## WHAT THIS TASK INVOLVES
Find every line containing the string "makes" in the data below, and report how many there are, with no other words.

## EXERCISE MATERIAL
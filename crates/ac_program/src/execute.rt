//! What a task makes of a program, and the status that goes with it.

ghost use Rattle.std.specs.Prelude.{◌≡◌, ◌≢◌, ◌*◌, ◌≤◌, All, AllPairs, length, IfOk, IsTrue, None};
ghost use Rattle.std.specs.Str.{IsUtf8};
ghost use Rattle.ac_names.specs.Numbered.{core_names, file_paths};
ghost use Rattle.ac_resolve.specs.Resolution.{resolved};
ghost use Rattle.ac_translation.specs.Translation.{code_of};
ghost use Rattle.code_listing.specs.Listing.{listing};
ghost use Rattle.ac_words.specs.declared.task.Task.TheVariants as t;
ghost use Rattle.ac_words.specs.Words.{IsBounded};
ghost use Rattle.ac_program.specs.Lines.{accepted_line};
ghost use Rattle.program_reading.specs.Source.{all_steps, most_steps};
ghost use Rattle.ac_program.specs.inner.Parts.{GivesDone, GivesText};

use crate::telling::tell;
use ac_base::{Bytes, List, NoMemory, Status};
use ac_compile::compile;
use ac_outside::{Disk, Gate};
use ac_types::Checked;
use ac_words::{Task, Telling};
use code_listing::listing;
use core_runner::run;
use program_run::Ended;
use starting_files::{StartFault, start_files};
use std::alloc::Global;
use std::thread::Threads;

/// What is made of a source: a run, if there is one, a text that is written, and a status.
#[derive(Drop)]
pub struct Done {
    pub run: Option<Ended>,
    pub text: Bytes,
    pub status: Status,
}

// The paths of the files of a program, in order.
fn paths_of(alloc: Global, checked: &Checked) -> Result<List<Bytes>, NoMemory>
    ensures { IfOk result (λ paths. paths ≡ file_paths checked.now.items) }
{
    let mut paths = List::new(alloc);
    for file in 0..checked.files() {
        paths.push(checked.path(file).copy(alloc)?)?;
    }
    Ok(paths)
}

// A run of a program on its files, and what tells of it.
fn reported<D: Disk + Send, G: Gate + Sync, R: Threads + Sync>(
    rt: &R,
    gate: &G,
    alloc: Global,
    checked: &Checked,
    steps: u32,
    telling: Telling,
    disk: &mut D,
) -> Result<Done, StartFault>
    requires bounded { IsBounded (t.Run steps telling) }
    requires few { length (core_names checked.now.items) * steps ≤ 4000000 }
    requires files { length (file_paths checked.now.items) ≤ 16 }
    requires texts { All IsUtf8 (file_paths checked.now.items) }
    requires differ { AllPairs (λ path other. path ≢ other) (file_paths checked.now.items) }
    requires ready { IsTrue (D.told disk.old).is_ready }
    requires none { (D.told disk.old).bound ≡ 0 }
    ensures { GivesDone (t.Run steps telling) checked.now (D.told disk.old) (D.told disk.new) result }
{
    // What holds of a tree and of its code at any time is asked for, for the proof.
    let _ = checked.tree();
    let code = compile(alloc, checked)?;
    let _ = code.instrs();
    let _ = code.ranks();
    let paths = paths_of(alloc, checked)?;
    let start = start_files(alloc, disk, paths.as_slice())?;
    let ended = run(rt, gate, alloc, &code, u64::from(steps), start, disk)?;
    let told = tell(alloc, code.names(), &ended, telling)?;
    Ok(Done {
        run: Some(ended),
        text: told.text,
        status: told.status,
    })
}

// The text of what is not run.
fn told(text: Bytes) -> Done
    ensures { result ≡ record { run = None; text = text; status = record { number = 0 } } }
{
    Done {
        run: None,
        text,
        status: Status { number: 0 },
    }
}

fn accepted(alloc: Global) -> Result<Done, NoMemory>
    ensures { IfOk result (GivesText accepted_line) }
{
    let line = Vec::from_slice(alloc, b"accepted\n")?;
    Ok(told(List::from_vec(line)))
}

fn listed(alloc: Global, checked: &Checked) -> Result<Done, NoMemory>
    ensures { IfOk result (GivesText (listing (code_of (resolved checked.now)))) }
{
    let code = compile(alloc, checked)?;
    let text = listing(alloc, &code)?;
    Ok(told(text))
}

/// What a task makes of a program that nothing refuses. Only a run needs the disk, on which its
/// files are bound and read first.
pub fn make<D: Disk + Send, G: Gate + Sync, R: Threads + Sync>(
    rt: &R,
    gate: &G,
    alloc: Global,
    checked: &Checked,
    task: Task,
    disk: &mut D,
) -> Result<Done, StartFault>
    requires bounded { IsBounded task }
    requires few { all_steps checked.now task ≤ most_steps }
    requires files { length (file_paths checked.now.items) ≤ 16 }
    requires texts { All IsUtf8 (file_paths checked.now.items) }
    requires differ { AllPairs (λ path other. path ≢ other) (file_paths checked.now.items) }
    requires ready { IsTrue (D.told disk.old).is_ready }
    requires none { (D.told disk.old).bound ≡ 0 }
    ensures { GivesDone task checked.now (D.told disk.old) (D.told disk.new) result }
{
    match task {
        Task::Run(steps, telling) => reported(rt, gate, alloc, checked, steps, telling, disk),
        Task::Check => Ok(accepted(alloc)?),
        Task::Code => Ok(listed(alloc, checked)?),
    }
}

## RESPONSE TO THE TASK
2